> **Requirement**
For this exercise, copy each line of the records that contains the word "WritePeers".

** Opening The data block **

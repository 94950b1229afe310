//! The records of a config file as tables.
ghost use Rattle.std.specs.Prelude.{◌≡◌, IfOk, option_map};
ghost use Rattle.std.specs.Option.{option_copied};
ghost use Rattle.toml.specs.Data.{string, table};
ghost use Rattle.toml.specs.View.{table_view};
ghost use Rattle.vet_files.specs.Audits.{or_none};
ghost use Rattle.vet_files.specs.ConfigTable.{cargo_vet_table, dependencies_table, mapped_table, peer_table};
ghost use Rattle.vet_files.specs.ConfigTable.{policy_table};
ghost use Rattle.vet_files.specs.Field.{a_text};
ghost use Rattle.vet_files.specs.Maps.{or_no_dependencies, or_no_map};
ghost use Rattle.vet_files.specs.ReadAgain.{IsReadAs, ReadsPeer, ReadsPolicy};
ghost use Rattle.vet_files.specs.Tables.{list_data, some_list, unless_empty};

use crate::keys::{
    AUDIT_AS_CRATES_IO, CRITERIA, CRITERIA_MAP, DEPENDENCY_CRITERIA, DEV_CRITERIA, EXCLUDE, NOTES,
    URL, VERSION,
};
use crate::write::put::{put, put_some};
use std::alloc::{AllocError, Global};
use toml::Table;
use vet_base::package_names::PackageNames;
use vet_base::text::Text;
use vet_demand::dependency_criteria::DependencyCriteria;
use vet_demand::policies::KeyedPolicy;
use vet_demand::policy_key::key_text_reads_back;
use vet_entries::criteria_map::CriteriaMap;
use vet_entries::peer_settings::PeerSettings;

/// The table `cargo-vet`, which names the version of cargo-vet. It is read back as this version.
pub(crate) fn cargo_vet_table(alloc: Global, version: &Text) -> Result<Table, AllocError>
    ensures table { IfOk result (λ t. table_view t ≡ cargo_vet_table version.now) }
    ensures read { IfOk result (λ t. IsReadAs a_text (string version.now) version.now) }
{
    let mut table = Table::new(alloc);
    put(alloc, &mut table, VERSION, version)?;
    Ok(table)
}

/// The packages of a set, or `None` if it is empty.
fn some_packages(packages: &PackageNames) -> Option<&PackageNames>
    ensures written { option_map list_data (option_copied result) ≡ some_list packages.now }
    ensures value { or_none (option_copied result) ≡ packages.now }
{
    if packages.is_empty() {
        return None;
    }
    Some(packages)
}

/// A map from a peer's criteria, or `None` if it is empty.
fn some_mapped(map: &CriteriaMap) -> Option<&CriteriaMap>
    ensures written { option_map (λ m. table (mapped_table m)) (option_copied result)
        ≡ unless_empty (mapped_table map.now) }
    ensures value { or_no_map (option_copied result) ≡ map.now }
{
    if map.is_empty() {
        return None;
    }
    Some(map)
}

/// The table of a peer's settings. It is read back as these settings.
pub(crate) fn peer_table(alloc: Global, peer: &PeerSettings) -> Result<Table, AllocError>
    ensures table { IfOk result (λ t. table_view t ≡ peer_table peer.now) }
    ensures read { IfOk result (λ t. ReadsPeer peer.now) }
{
    // A reader accepts only a name here. The contract of this call says that it is one.
    let _ = peer.name.as_str();
    let mut table = Table::new(alloc);
    put_some(alloc, &mut table, CRITERIA_MAP, some_mapped(&peer.map))?;
    put_some(alloc, &mut table, EXCLUDE, some_packages(&peer.exclude))?;
    put(alloc, &mut table, URL, &peer.url)?;
    Ok(table)
}

/// The criteria along edges to dependencies, or `None` if there are none.
fn some_dependencies(criteria: &DependencyCriteria) -> Option<&DependencyCriteria>
    ensures written { option_map (λ d. table (dependencies_table d)) (option_copied result)
        ≡ unless_empty (dependencies_table criteria.now) }
    ensures value { or_no_dependencies (option_copied result) ≡ criteria.now }
{
    if criteria.is_empty() {
        return None;
    }
    Some(criteria)
}

/// The table of a policy. It is read back as this policy, and the text of its key as its key.
pub(crate) fn policy_table(alloc: Global, policy: &KeyedPolicy) -> Result<Table, AllocError>
    ensures table { IfOk result (λ t. table_view t ≡ policy_table policy.now.policy) }
    ensures read { IfOk result (λ t. ReadsPolicy policy.now) }
{
    key_text_reads_back(&policy.key);
    let held = &policy.policy;
    let dependencies = some_dependencies(&held.dependency_criteria);
    let mut table = Table::new(alloc);
    put_some(
        alloc,
        &mut table,
        AUDIT_AS_CRATES_IO,
        held.audit_as_crates_io.as_ref(),
    )?;
    put_some(alloc, &mut table, CRITERIA, held.criteria.as_ref())?;
    put_some(alloc, &mut table, DEPENDENCY_CRITERIA, dependencies)?;
    put_some(alloc, &mut table, DEV_CRITERIA, held.dev_criteria.as_ref())?;
    put_some(alloc, &mut table, NOTES, held.notes.as_ref())?;
    Ok(table)
}
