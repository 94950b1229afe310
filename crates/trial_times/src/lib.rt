//! Times of commands to a register in memory, by the clock, for the benches.
//!
//! It is not part of the product. The program `trials` has the words that ask for them, and says what is printed.
#![tactic(auto)]

mod clock;
pub mod commands;
pub mod contents;
pub mod demand_rounds;
pub mod desk_rounds;
pub mod files;
pub mod import_rounds;
pub mod lapse_rounds;
mod project;
pub mod replacements;
mod reviews;
mod workspace;
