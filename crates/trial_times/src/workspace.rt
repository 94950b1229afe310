//! The files from which a demand is computed.

use crate::contents::BETWEEN_FILES;
use crate::project::stated_project;
use std::alloc::Global;
use trial_values::fault::Fault;
use trial_values::workspace::Workspace;
use vet_base::criteria_table::CriteriaTable;
use vet_base::keyed::Keyed;
use vet_demand::policies::KeyedPolicy;
use vet_demand::project::NamedProject;
use vet_files::audits_file::read_audits;
use vet_files::config_file::read_config;

/// What the files of a text state: an audits file, a config file, and dependency tables.
pub fn workspace_of(alloc: Global, text: &str) -> Result<Workspace, Fault> {
    let Some((audits, rest)) = text.split_once(BETWEEN_FILES) else {
        return Err(Fault::NotUnderstood);
    };
    let Some((config, tables)) = rest.split_once(BETWEEN_FILES) else {
        return Err(Fault::NotUnderstood);
    };
    let criteria = criteria_of(alloc, audits)?;
    let policies = policies_of(alloc, config)?;
    Ok(Workspace {
        criteria,
        policies,
        projects: projects_of(alloc, tables)?,
    })
}

fn criteria_of(alloc: Global, audits: &str) -> Result<CriteriaTable, Fault> {
    let found = read_audits(alloc, audits.as_bytes())?;
    let content = found.content;
    let criteria = content.criteria;
    Ok(CriteriaTable::of(alloc, criteria.into_vec())?)
}

fn policies_of(alloc: Global, config: &str) -> Result<Keyed<KeyedPolicy>, Fault> {
    let policies = listed_policies(alloc, config)?;
    Ok(Keyed::of(alloc, policies)?)
}

fn listed_policies(alloc: Global, config: &str) -> Result<Vec<KeyedPolicy>, Fault> {
    let found = read_config(alloc, config.as_bytes())?;
    copies_of(alloc, found.content.policies.as_slice())
}

fn copies_of<T: Clone + Drop>(alloc: Global, items: &[T]) -> Result<Vec<T>, Fault> {
    Ok(items.to_vec(alloc)?)
}

fn projects_of(alloc: Global, tables: &str) -> Result<Keyed<NamedProject>, Fault> {
    let mut projects = Keyed::new(alloc);
    for (place, table) in tables.split(BETWEEN_FILES).enumerate() {
        projects.insert(stated_project(alloc, place, table)?)?;
    }
    Ok(projects)
}
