//! Lists of entries by package, as they are written.
ghost use Rattle.std.specs.Prelude.{◌≡◌, ◌&&◌, not, All, IfOk, OnOk, Some};
ghost use Rattle.std.specs.FinSet as set;
ghost use Rattle.toml.specs.Data.{array, push_item};
ghost use Rattle.toml.specs.View.{array_view, table_view, view};
ghost use Rattle.vet_files.specs.EntryTables.{is_listed, listed_entries, package_lists};
ghost use Rattle.vet_files.specs.ReadAgain.{ReadsEntry};
ghost use Rattle.vet_files.specs.ListAt.{items_in, list_at};
ghost use Rattle.vet_files.specs.Tables.{put_member};

use crate::write::entry_tables::entry_table;
use crate::write::put::put_value;
use crate::write::sections::Listing;
use std::alloc::{AllocError, Global};
use std::mem;
use toml::value::Array;
use toml::{Table, Value};
use vet_base::package_names::PackageNames;
use vet_entries::entry::Entry;

/// The table of the entries of a listing, less those of excluded packages: at each package's name the list of
/// its entries, in their order.
pub(crate) fn package_lists(
    alloc: Global,
    which: Listing,
    exclude: &PackageNames,
    entries: &[Entry],
) -> Result<Table, AllocError>
    ensures table { IfOk result (λ t. table_view t ≡ package_lists (listed_entries which exclude.now entries.now)) }
    ensures read { IfOk result (λ t. All ReadsEntry (listed_entries which exclude.now entries.now)) }
{
    let mut table = Table::new(alloc);
    'entries: for entry in entries {
        if is_written(which, exclude, entry) {
            let written = entry_table(alloc, entry)?;
            push_at(
                alloc,
                &mut table,
                entry.package.as_str(),
                Value::Table(written),
            )?;
        }
    }
    Ok(table)
}

/// The items of a list, or none if the value is not a list.
fn array_of(alloc: Global, value: Value) -> Array
    ensures { array_view result ≡ items_in (Some (view value)) }
{
    match value {
        Value::Array(items) => items,
        _ => Vec::new(alloc),
    }
}

/// Puts a value at the end of a list. If there is another value in place of the list, it becomes a list of one item.
fn push(alloc: Global, list: &mut Value, value: Value) -> Result<(), AllocError>
    ensures { OnOk result (view list.new ≡ array (push_item (items_in (Some (view list.old))) (view value))) }
{
    // The list is moved out while it grows, and the value in its place does not matter.
    let mut items = array_of(alloc, mem::replace(list, Value::Boolean(false)));
    items.push(value)?;
    *list = Value::Array(items);
    Ok(())
}

/// Puts a value at the end of the list at a key, or begins a list if there is none.
fn push_at(alloc: Global, table: &mut Table, key: &str, value: Value) -> Result<(), AllocError>
    ensures { OnOk result (table_view table.new
        ≡ put_member key.now (array (push_item (list_at key.now (table_view table.old)) (view value)))
        (table_view table.old)) }
{
    if let Some(list) = table.get_mut(key) {
        return push(alloc, list, value);
    }
    let mut items = Vec::new(alloc);
    items.push(value)?;
    put_value(alloc, table, key, Value::Array(items))
}

/// Whether an entry is in a listing: it is of one of its kinds, and not of an excluded package.
fn is_written(which: Listing, exclude: &PackageNames, entry: &Entry) -> bool
    ensures { result ≡ (is_listed which entry.now.kind && not (set.contains exclude.now entry.now.«package»)) }
{
    which.holds(&entry.kind) && !exclude.contains(&entry.package)
}
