//! The table of a config file.
ghost use Rattle.std.specs.FinSet as set;
ghost use Rattle.std.specs.List.{All};
ghost use Rattle.std.specs.Prelude.{◌≡◌, codes, IfOk, OnOk, option_map};
ghost use Rattle.std.specs.Option.{IfSome};
ghost use Rattle.toml.specs.Data.{no_members, string, table};
ghost use Rattle.toml.specs.View.{table_view};
ghost use Rattle.vet_demand.specs.PolicyKey.{key_text};
ghost use Rattle.vet_files.specs.ConfigTable.{cargo_vet_table, config_table, exemptions_table, peer_table};
ghost use Rattle.vet_files.specs.ConfigTable.{policy_table};
ghost use Rattle.vet_files.specs.EntryTables.{listed_entries};
ghost use Rattle.vet_files.specs.Field.{a_text};
ghost use Rattle.vet_files.specs.Tables.{with_key};
ghost use Rattle.vet_files.specs.ReadAgain.{IsReadAs, ReadsConfig, ReadsEntry, ReadsPeer, ReadsPolicy};

use crate::config_file::ConfigContent;
use crate::keys::{CARGO_VET, DEFAULT_CRITERIA, EXEMPTIONS, IMPORTS, POLICY};
use crate::write::config_records::{cargo_vet_table, peer_table, policy_table};
use crate::write::lists_by_package::package_lists;
use crate::write::members::{Member, WriteMember, write_members};
use crate::write::put::{put_some, put_unless_empty, put_value};
use crate::write::sections::Listing;
use std::alloc::{AllocError, Global};
use toml::{Table, Value};
use vet_base::package_names::PackageNames;
use vet_base::text::Text;
use vet_demand::policies::KeyedPolicy;
use vet_entries::entry::Entry;
use vet_entries::peer_settings::PeerSettings;

/// Writes the settings of peers, each at its name.
#[derive(Drop)]
struct WritePeers {}

impl WriteMember for WritePeers {
    type Item = PeerSettings;

    ghost name = { λ p. p.name };

    ghost written = { λ w p. table (peer_table p) };

    ghost Reads = { λ w p. ReadsPeer p };

    fn write(&self, alloc: Global, peer: &PeerSettings) -> Result<Member, AllocError> {
        Ok(Member {
            name: String::from_str(alloc, peer.name.as_str())?,
            value: Value::Table(peer_table(alloc, peer)?),
        })
    }
}

/// Writes policies, each at the text of its key.
#[derive(Drop)]
struct WritePolicies {}

impl WriteMember for WritePolicies {
    type Item = KeyedPolicy;

    ghost name = { λ p. key_text p.key };

    ghost written = { λ w p. table (policy_table p.policy) };

    ghost Reads = { λ w p. ReadsPolicy p };

    fn write(&self, alloc: Global, policy: &KeyedPolicy) -> Result<Member, AllocError> {
        Ok(Member {
            name: policy.key.to_string(alloc)?,
            value: Value::Table(policy_table(alloc, policy)?),
        })
    }
}

/// The table of a config file.
pub(crate) fn config_table(alloc: Global, content: &ConfigContent) -> Result<Table, AllocError>
    ensures table { IfOk result (λ t. table_view t ≡ config_table content.now) }
    ensures read { IfOk result (λ t. ReadsConfig content.now) }
{
    let mut file = Table::new(alloc);
    fill_config(alloc, &mut file, content)?;
    Ok(file)
}

/// Puts the content of a config file into its table.
fn fill_config(alloc: Global, file: &mut Table, content: &ConfigContent) -> Result<(), AllocError>
    requires { table_view file.old ≡ no_members }
    ensures table { OnOk result (table_view file.new ≡ config_table content.now) }
    ensures read { OnOk result (ReadsConfig content.now) }
{
    put_version(alloc, file, &content.vet_version)?;
    put_some(
        alloc,
        file,
        DEFAULT_CRITERIA,
        content.default_criteria.as_ref(),
    )?;
    let exemptions = exemptions_table(alloc, content.exemptions.as_slice())?;
    put_unless_empty(alloc, file, EXEMPTIONS, exemptions)?;
    let peers = write_members(alloc, &WritePeers {}, content.peers.as_slice())?;
    put_unless_empty(alloc, file, IMPORTS, peers)?;
    let policies = write_members(alloc, &WritePolicies {}, content.policies.as_slice())?;
    put_unless_empty(alloc, file, POLICY, policies)?;
    Ok(())
}

/// Puts the table `cargo-vet`, if a version is held.
fn put_version(alloc: Global, file: &mut Table, version: &Option<Text>) -> Result<(), AllocError>
    ensures put { OnOk result (table_view file.new
        ≡ with_key (table_view file.old) (codes "cargo-vet")
        (option_map (λ v. table (cargo_vet_table v)) version.now)) }
    ensures read { OnOk result (IfSome version.now (λ v. IsReadAs a_text (string v) v)) }
{
    let Some(version) = version else {
        return Ok(());
    };
    let inner = cargo_vet_table(alloc, version)?;
    put_value(alloc, file, CARGO_VET, Value::Table(inner))
}

/// The lists of exemptions.
fn exemptions_table(alloc: Global, exemptions: &[Entry]) -> Result<Table, AllocError>
    ensures table { IfOk result (λ t. table_view t ≡ exemptions_table exemptions.now) }
    ensures read { IfOk result (λ t. All ReadsEntry (listed_entries Listing.Exemptions set.empty exemptions.now)) }
{
    let none = PackageNames::new(alloc);
    package_lists(alloc, Listing::Exemptions, &none, exemptions)
}
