//! Sets put into tables, unless they are empty.
ghost use Rattle.std.specs.Prelude.{◌≡◌, OnOk};
ghost use Rattle.toml.specs.View.{table_view};
ghost use Rattle.vet_files.specs.Field.{names, texts};
ghost use Rattle.vet_files.specs.ReadAgain.{IsReadAs};
ghost use Rattle.vet_files.specs.Tables.{set_data, some_set, with_key};

use crate::write::put::put;
use std::alloc::{AllocError, Global};
use toml::Table;
use vet_base::names::Names;
use vet_base::texts::Texts;

/// Puts names at a key, if there are any.
pub(crate) fn put_names(
    alloc: Global,
    table: &mut Table,
    key: &str,
    value: &Names,
) -> Result<(), AllocError>
    ensures put { OnOk result (table_view table.new ≡ with_key (table_view table.old) key.now (some_set value.now)) }
    ensures read { OnOk result (IsReadAs names (set_data value.now) value.now) }
{
    if value.is_empty() {
        return Ok(());
    }
    put(alloc, table, key, value)
}

/// Puts texts at a key, if there are any.
pub(crate) fn put_texts(
    alloc: Global,
    table: &mut Table,
    key: &str,
    value: &Texts,
) -> Result<(), AllocError>
    ensures put { OnOk result (table_view table.new ≡ with_key (table_view table.old) key.now (some_set value.now)) }
    ensures read { OnOk result (IsReadAs texts (set_data value.now) value.now) }
{
    if value.is_empty() {
        return Ok(());
    }
    put(alloc, table, key, value)
}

** Closing The data block **

> **Reply**
struct WritePeers {}
impl WriteMember for WritePeers {
    let peers = write_members(alloc, &WritePeers {}, content.peers.as_slice())?;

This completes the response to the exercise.